Último poste da série > 8 DE MAIO DE 2022  Guiné 61/74 - P23245: Agenda cultural (811): Tabanca dos Melros, Fânzeres, Gondomar, 11 de junho de 2022, sábado, 11h00: Luís Graça apresenta o livro do Joaquim Costa, "Memórias de Guerra de um Tigre Azul"

domingo, 20 de março de 2022

Guiné 61/74 - P23095: Antologia (85): Operação Crocodilo, Guiné-Bissau, junho/julho de 1998 (Revista da Armada, julho de 2013): Em 44 dias de missão e em 23 operações, foram resgatados 3487 refugiados, com o apoio do navio de carga "Ponta de Sagres" da Portline (Correio da Manhã, 17/2/2007)

1. OPERACÃO CROCODILO 

Revista da Armada, julho de 2013, pág. 20

(Com a devida vénia...) (**)

Em 7 de junho de 1998 desencadeou-se na Guiné-Bissau um conflito interno entre forças militares leais ao Governo do Presidente Nino Vieira e aquelas que se viriam a agrupar e torno de uma “Junta Militar” liderada pelo general Ansumane Mane.

A fim de efetuar o rápido resgate de cidadãos portugueses e de países amigos que, fruto da elevada insegurança criada pelo conflito, pretendessem abandonar a Guiné-Bissau, o Estado Português colocou em curso a Operação Crocodilo. (*)

Esta operação envolveu uma força conjunta dos três ramos das Forças Armadas, sendo a componente naval constituída pela fragata Vasco da Gama, com dois helicópteros Lynx Mk95 embarcados, pelas corvetas Honório Barreto e João Coutinho e o navio reabastecedor Bérrio.
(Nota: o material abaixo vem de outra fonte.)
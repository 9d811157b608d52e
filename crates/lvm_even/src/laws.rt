//! Laws of what stands on the disks of a group. Each call does nothing: its contract is the law.
ghost use Rattle.lvm_even.specs.Commands.{EvenStays, FreeKeepsEven, BehindStays, CopiesServe, CleaningFollows};
ghost use Rattle.lvm_even.specs.Marking.{MarkedMayFollow, MarkedLeavesNone, NoneIsLeftBehind};
ghost use Rattle.lvm_even.specs.Examples.{PairsRest};

/// Usable copies stay even where each volume has no further usable copies and its data is as it was, or where they
/// are uniform, as zeros are; so they do where data is written to free partitions alone.
pub fn even_stays()
    ensures volumes { EvenStays }
    ensures free { FreeKeepsEven }
{}

/// No fresh copy is left behind on a missing member beside a usable one, where no mark goes and each member that
/// becomes missing leaves its fresh copies stale; so it is as long as what is wanted of the status leaves none.
pub fn behind_stays()
    ensures fewer { BehindStays }
    ensures wanted { NoneIsLeftBehind }
{}

/// A status in which the copies that are left behind are marked stale may follow the one before, and leaves none
/// behind.
pub fn marks_follow()
    ensures follows { MarkedMayFollow }
    ensures none { MarkedLeavesNone }
{}

/// A descriptor in which a volume has other copies may be committed, where the new ones are stale and each logical
/// partition keeps a fresh one on a member that shows the group.
pub fn copies_serve()
    ensures { CopiesServe }
{}

/// A status that calls volumes in mode passive dirty no more may be written where their usable copies are even.
pub fn cleaning_follows()
    ensures { CleaningFollows }
{}

/// Two disks that mirror a volume are at rest in each mode: active with notes and without, passive and clean or
/// dirty, and off; with both members or one that is lost, and after a power cut during a write.
pub fn pairs_rest()
    ensures { PairsRest }
{}
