#[test]
fn wrong_histories_are_not_legal(rt: HostRuntime) {
    let lands = |outcome: Outcome, started: bool| Step::Land(1, outcome, started);
    let cases: [(&str, &[Step], bool); 14] = [
        ("nothing", &[], true),
        (
            "a write and a read of it",
            &[
                ACTIVE,
                WRITE_1,
                done(1),
                Step::Take(1),
                READ,
                Step::Got(2, 1),
                Step::Take(2),
            ],
            true,
        ),
        (
            "an old value, read after the write is done",
            &[ACTIVE, WRITE_1, done(1), READ, Step::Got(2, 0)],
            false,
        ),
        (
            "a value that was never there",
            &[ACTIVE, WRITE_1, READ, Step::Got(2, 1)],
            false,
        ),
        (
            "a value of an unknown block",
            &[WRITE_1, READ, Step::Got(2, 1)],
            true,
        ),
        (
            "a read that is done",
            &[READ, lands(Outcome::Done, true)],
            false,
        ),
        (
            "a read that is lost",
            &[READ, lands(Outcome::Lost, true)],
            false,
        ),
        (
            "a write that got",
            &[WRITE_1, lands(Outcome::Got, true)],
            false,
        ),
        (
            "a write that failed as a read",
            &[WRITE_1, lands(Outcome::ReadFailed, true)],
            false,
        ),
        (
            "started without a fresh copy",
            &[WRITE_1, lands(Outcome::NoFresh, true)],
            false,
        ),
        (
            "not started without a fresh copy",
            &[WRITE_1, lands(Outcome::NoFresh, false)],
            true,
        ),
        (
            "a moment again",
            &[Step::On(60), Step::Cut, Step::On(60)],
            false,
        ),
        ("a moment that falls", &[Step::On(60), Step::On(59)], false),
        ("moments that rise", &[Step::On(60), Step::On(61)], true),
    ];
    for (what, steps, want) in cases {
        check(&rt, told(&rt, steps).is_legal() == want, what);
    }
}

// The run, the entries, the room that is left for more of them and for bytes.
fn counts(history: &History) -> (u64, u32, u32, u64) {
    (
        history.run(),
        history.len(),
        history.spare_entries(),
        history.spare_bytes(),
    )
}

fn entry(history: &History, k: u32) -> Option<Entry> {
    if k < history.len() {
        Some(history.entry(k))
    } else {
        None
    }
}

// The first and the last byte of each of the first two blocks.
fn ends(history: &History) -> Option<[u8; 4]> {
    if history.block_count() == 2 {
        let (one, two) = (history.block(0), history.block(1));
        Some([one[0], one[511], two[0], two[511]])
    } else {
        None
    }
}

// A request of client 7 for block 5 of volume 1.
fn begun(id: u64, write: bool, place: u64) -> Option<Entry> {
    Some(Entry::Begun {
        client: 7,
        id,
        vol: Vol::Lv(1),
        at: 5,
        count: 1,
        write,
        place,
    })
}

#[test]
fn tells_what_was_entered(rt: HostRuntime) {
    let history = told(&rt, &[ACTIVE, WRITE_1, READ, done(1), Step::Got(2, 2)]);
    check(
        &rt,
        counts(&history) == (50, 5, 100 - 5 - 2 - 1, 65_536 - 1_024),
        "counts",
    );
    let entries = [entry(&history, 1), entry(&history, 2)];
    check(
        &rt,
        entries == [begun(1, true, 0), begun(2, false, 1)],
        "entries",
    );
    check(&rt, ends(&history) == Some([1, 1, 2, 2]), "blocks");
}

#[test]
fn an_answer_is_there_for_its_client_until_it_is_taken(rt: HostRuntime) {
    let mut history = told(&rt, &[ACTIVE, WRITE_1, READ, done(1), Step::Got(2, 1)]);
    let answered = [history.is_answered(8, 2), history.is_answered(7, 2)];
    check(&rt, answered == [false, true], "answered");
    enter(&rt, &mut history, Step::Take(2));
    check(&rt, !history.is_answered(7, 2), "taken");
}

#[test]
fn a_cut_is_entered_once(rt: HostRuntime) {
    let mut history = told(&rt, &[ACTIVE, WRITE_1, done(1), Step::Cut]);
    check(&rt, history.len() == 4, "entries");
    history.cut();
    check(&rt, history.len() == 4, "entries");
}

#[test]
fn room_for_four_entries_serves_one_request(rt: HostRuntime) {
    let mut history = History::new(rt.alloc(), 50, 4, 512).expect(&rt, "memory");
    check(&rt, counts(&history) == (50, 0, 3, 512), "counts");
    enter(&rt, &mut history, WRITE_1);
    check(&rt, counts(&history) == (50, 1, 0, 0), "counts");
    enter(&rt, &mut history, done(1));
    enter(&rt, &mut history, Step::Take(1));
    history.cut();
    check(&rt, counts(&history) == (50, 4, 0, 0), "counts");
}
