impl FileSystem for Memory<'_> {
    ghost sees = { λ s. record { given = None; saved = None; failures = s.failures } };

    ghost left = { λ _. None };

    fn read(&mut self, name: &str) -> Option<Vec<u8>> {
        let bytes = self.bytes_of(name);
        if bytes.is_none() {
            self.failures.increment();
        }
        bytes
    }

    fn open(&mut self, name: &str) -> bool {
        let Some(bytes) = self.bytes_of(name) else {
            self.failures.increment();
            return false;
        };
        self.opened = bytes;
        self.is_torn = name == "torn";
        true
    }

    // Three bytes at a time, so that lines go over pieces.
    fn read_next(&mut self, buffer: &mut [u8]) -> Result<usize, ReadError> {
        let count = self.opened.len().min(buffer.len()).min(3);
        if count == 0 && self.is_torn {
            self.failures.increment();
            return Err(ReadError);
        }
        buffer[..count].copy_from_slice(&self.opened[..count]);
        let len = self.opened.len();
        self.opened.copy_within(count..len, 0);
        self.opened.truncate(len - count);
        Ok(count)
    }

    fn give_up(&mut self) {
        self.failures.increment();
    }

    fn write(&mut self, name: &str, bytes: &[u8]) -> Result<(), SinkError> {
        if name == "locked" {
            return Err(SinkError);
        }
        self.saved = Vec::from_slice(self.alloc, bytes).map_err(|_| SinkError)?;
        Ok(())
    }
}

// The words of a command line, and how the command ends: its status, its output, and its messages
// on standard error.
#[derive(Clone, Copy)]
struct Row {
    shows: &'static str,
    words: &'static [&'static str],
    status: u8,
    written: &'static str,
    reported: &'static str,
}

// What `--help` prints, in a function of its own, since a proof writes out each constant that it meets.
fn usage() -> &'static str {
    "\
usage: daacgrep [OPTION..] -e PATTERN | -f PATTERNS | --load FILE [FILE..]
Prints the lines of files, or of standard input, in which a pattern occurs.
  -e PATTERN  a pattern; again for more
  -f FILE     the lines of a file as patterns; - for standard input
  -i          ignore the case of ASCII letters
  -v          the lines without a match
  -o          each match in place of its line
  --longest   of matches at one start the longest, as is usual
  --first     of matches at one start that of the first pattern
  --overlapping
              all matches, also those that overlap
  -n, -b      the number of the line, the place of the line or match
  -H, -h      names of files, or none
  -c, -l      the number of lines, the names of files
  -q          print nothing
  --values    a line of patterns has a value behind a tab, which is printed
              behind the number and the place of its lines or matches
  --save FILE write the automaton of the patterns to a file, and search none
  --load FILE search by an automaton that was saved with the same -i, --first
              and --overlapping; --values wants -f beside it
  --null-data zero bytes end lines, and not line feeds
  --help, --version
Status: 0 if a line is selected, 1 if none, 2 after trouble.
"
}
Comandava esta força naval o CMG Melo Gomes.

De forma intensiva e, muitas vezes, simultânea (1), as duas aeronaves foram utilizadas em diversas missões de embarque de cidadãos nacionais e de países amigos para os navios da força naval, na distribuição de ajuda humanitária em diversos locais do território guineense, e em algumas missões de reconhecimento.

Uma das missões de recolha de cidadãos nacionais realizadas pelos dois helicópteros levou-os a cruzarem grande parte do território da Guiné-Bissau até aos Rápidos do Saltinho, nas proximidadesda fronteira com a Guiné-Conacri. 

Após um trânsito realizado a muito baixa altitude, sobrevoandoas vastas e densas florestas guineenses e utilizando a cobertura dos braços de rio e das copas das árvores para evitar uma desnecessária exposição, os helicópteros tomaram imediato contacto com grupos armados da “Junta Militar” logo que aterraram no local de recolha. Desembarcada diversa ajuda humanitária e recolhidos os passageiros ali presentes,  regressaram à Vasco da Gama sãos e salvos.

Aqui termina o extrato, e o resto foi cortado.